Her lieder, oratorio and opera repertoire led to appearances at numerous festivals including Salzburg, Edinburgh, Paris and the Holland Festival. She has worked in North and South America and in almost every country in Europe.

Having dedicated part of her career to contemporary music, composers such as Louis Andriessen, Gerardo Gandini, Bob Zimmerman and Jeff Hamburg have written works for her which have been recorded on CD. She was also chosen by the Oscar-winning Chinese composer Tan Dun to perform his works in several countries. She has worked with contemporary music ensembles like the Nieuw Ensemble, and l'ensemble Contrechamps in Geneva.

Mok sang the opening of the Musica Festival in Strasbourg (Il canto sospeso by Luigi Nono), in addition to creating her own a cappella recital. Irish composer Elaine Agnew wrote a piece Snowhole for her and members of the Irish Chamber Orchestra, which was performed at the National Concert Hall, Dublin. Recently she appeared for the New York openair concerts.

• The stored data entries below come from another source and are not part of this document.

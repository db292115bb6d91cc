//! How two texts compare: without keys, and as their keys do.

use crate::samples::{Check, normal_of, over_both};
use crate::stored_keys::{answer, check_order};
use std::alloc::Global;
use std::test::Fail;
use test_kit::{DATA, TABLE, halves, same};
use uca_key::{Compared, compare, key, level_count};
use uca_match::{Collator, Lookup};
use uca_text::Normal;
use uca_weights::Weighting::{NonIgnorable, Shifted};
use uca_weights::{Depth, Weighting};

/// The keys of two texts compare so.
fn check_by_keys<L: Lookup>(
    alloc: Global,
    collator: &Collator<L>,
    (weighting, depth): (Weighting, Depth),
    (left, right): (&Normal, &Normal),
    wanted: &str,
) -> Result<(), Fail> {
    let left = key(alloc, collator, weighting, depth, left)?;
    let right = key(alloc, collator, weighting, depth, right)?;
    let levels = level_count(weighting, depth);
    check_order(alloc, &left, &right, levels, wanted)
}

/// How two texts compare at a depth, and how many elements the comparison of level 1 fetched. Their keys
/// compare so too.
fn check_depth<L: Lookup>(
    alloc: Global,
    collator: &Collator<L>,
    (weighting, depth): (Weighting, Depth),
    (left, right): (&Normal, &Normal),
    (wanted, counts): (&str, &str),
) -> Result<(), Fail> {
    let Compared {
        order,
        level,
        fetched_left,
        fetched_right,
    } = compare(collator, weighting, depth, left, right);
    same(&answer(alloc, order, level)?, wanted, counts)?;
    same(
        &format!(in alloc; "{fetched_left} {fetched_right}")?,
        counts,
        wanted,
    )?;
    check_by_keys(alloc, collator, (weighting, depth), (left, right), wanted)
}

/// How two texts compare at either depth, and how many of their elements are fetched.
fn check_depths<L: Lookup>(
    alloc: Global,
    collator: &Collator<L>,
    weighting: Weighting,
    texts: (&Normal, &Normal),
    answers: &str,
) -> Result<(), Fail> {
    let (by_weights, rest) = halves(answers)?;
    let (identical, counts) = halves(rest)?;
    let by_weights = (by_weights, counts);
    check_depth(
        alloc,
        collator,
        (weighting, Depth::Weights),
        texts,
        by_weights,
    )?;
    check_depth(
        alloc,
        collator,
        (weighting, Depth::Identical),
        texts,
        (identical, counts),
    )
}

/// A text, another one, and what is returned.
fn check_right<L: Lookup>(
    alloc: Global,
    collator: &Collator<L>,
    weighting: Weighting,
    left: &Normal,
    (right, answers): (&str, &str),
) -> Result<(), Fail> {
    let right = normal_of(alloc, right, collator.data)?;
    let checked = check_depths(alloc, collator, weighting, (left, &right), answers);
    drop(right);
    checked
}

/// Two texts, and what is returned.
fn check_case<L: Lookup>(
    alloc: Global,
    collator: &Collator<L>,
    weighting: Weighting,
    case: &str,
) -> Result<(), Fail> {
    let (left, rest) = halves(case)?;
    let (right, answers) = halves(rest)?;
    let left = normal_of(alloc, left, collator.data)?;
    let checked = check_right(alloc, collator, weighting, &left, (right, answers));
    drop(left);
    checked
}

/// Pairs under `NonIgnorable`, and what is returned.
pub const PLAINLY: &str = r"0041 0061 | 0061 0062 | Less 1 | Less 1 | 2 2
0062 0061 | 0061 0062 | Greater 1 | Greater 1 | 1 1
 | 0061 | Less 1 | Less 1 | 0 1
00E1 | 0061 | Greater 2 | Greater 2 | 2 1
4E00 | 4E01 | Less 1 | Less 1 | 2 2
0301 0061 | 0062 | Less 1 | Less 1 | 2 1
0061 | 0062 | Less 1 | Less 1 | 1 1
0061 | 0061 0001 | Equal 0 | Less 4 | 1 2
0002 0003 | 0003 0002 | Equal 0 | Less 4 | 2 2
0002 0003 | 0003 0002 0003 | Less 2 | Less 2 | 2 3
00E1 | 0061 0301 | Equal 0 | Equal 0 | 2 2
 |  | Equal 0 | Equal 0 | 0 0";

/// Pairs under `Shifted`, and what is returned.
pub const SHIFTED: &str = r"0061 0020 0062 | 0061 0062 | Less 4 | Less 4 | 3 2
0020 0061 | 0062 | Less 1 | Less 1 | 2 1
0020 0301 | 0020 | Equal 0 | Greater 5 | 2 1
0061 0020 0062 | 0061 0020 0062 | Equal 0 | Equal 0 | 3 3";

/// The cases of both weightings.
#[derive(Clone, Copy)]
struct Pairs;

impl Check for Pairs {
    fn check<L: Lookup>(&self, alloc: Global, collator: &Collator<L>) -> Result<(), Fail> {
        for case in PLAINLY.lines() {
            check_case(alloc, collator, NonIgnorable, case)?;
        }
        for case in SHIFTED.lines() {
            check_case(alloc, collator, Shifted, case)?;
        }
        Ok(())
    }
}

/// A code point that is completely ignorable, and two that have no weight at a level at which the other has one.
pub const MORE: &str = r"0001 ; [.0000.0000.0000]
0002 ; [.1000.0000.0000]
0003 ; [.0000.0021.0003]
";

#[test]
fn compares_texts(rt: HostRuntime) -> Result<(), Fail> {
    let table = format!(in rt.alloc(); "{TABLE}{MORE}")?;
    over_both(rt.alloc(), &table, DATA, &Pairs)
}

Her love for chamber music led to Mok singing duos with the mezzo-soprano Susanna Moncayo and the pianist Fernando Perez. Together they have toured in Europe and the Americas. They have recorded two CDs of this unique repertoire. They were also invited to give a gala concert in the Concertgebouw in Amsterdam as a wedding present for the Dutch crown prince Willem Alexander and his wife Máxima.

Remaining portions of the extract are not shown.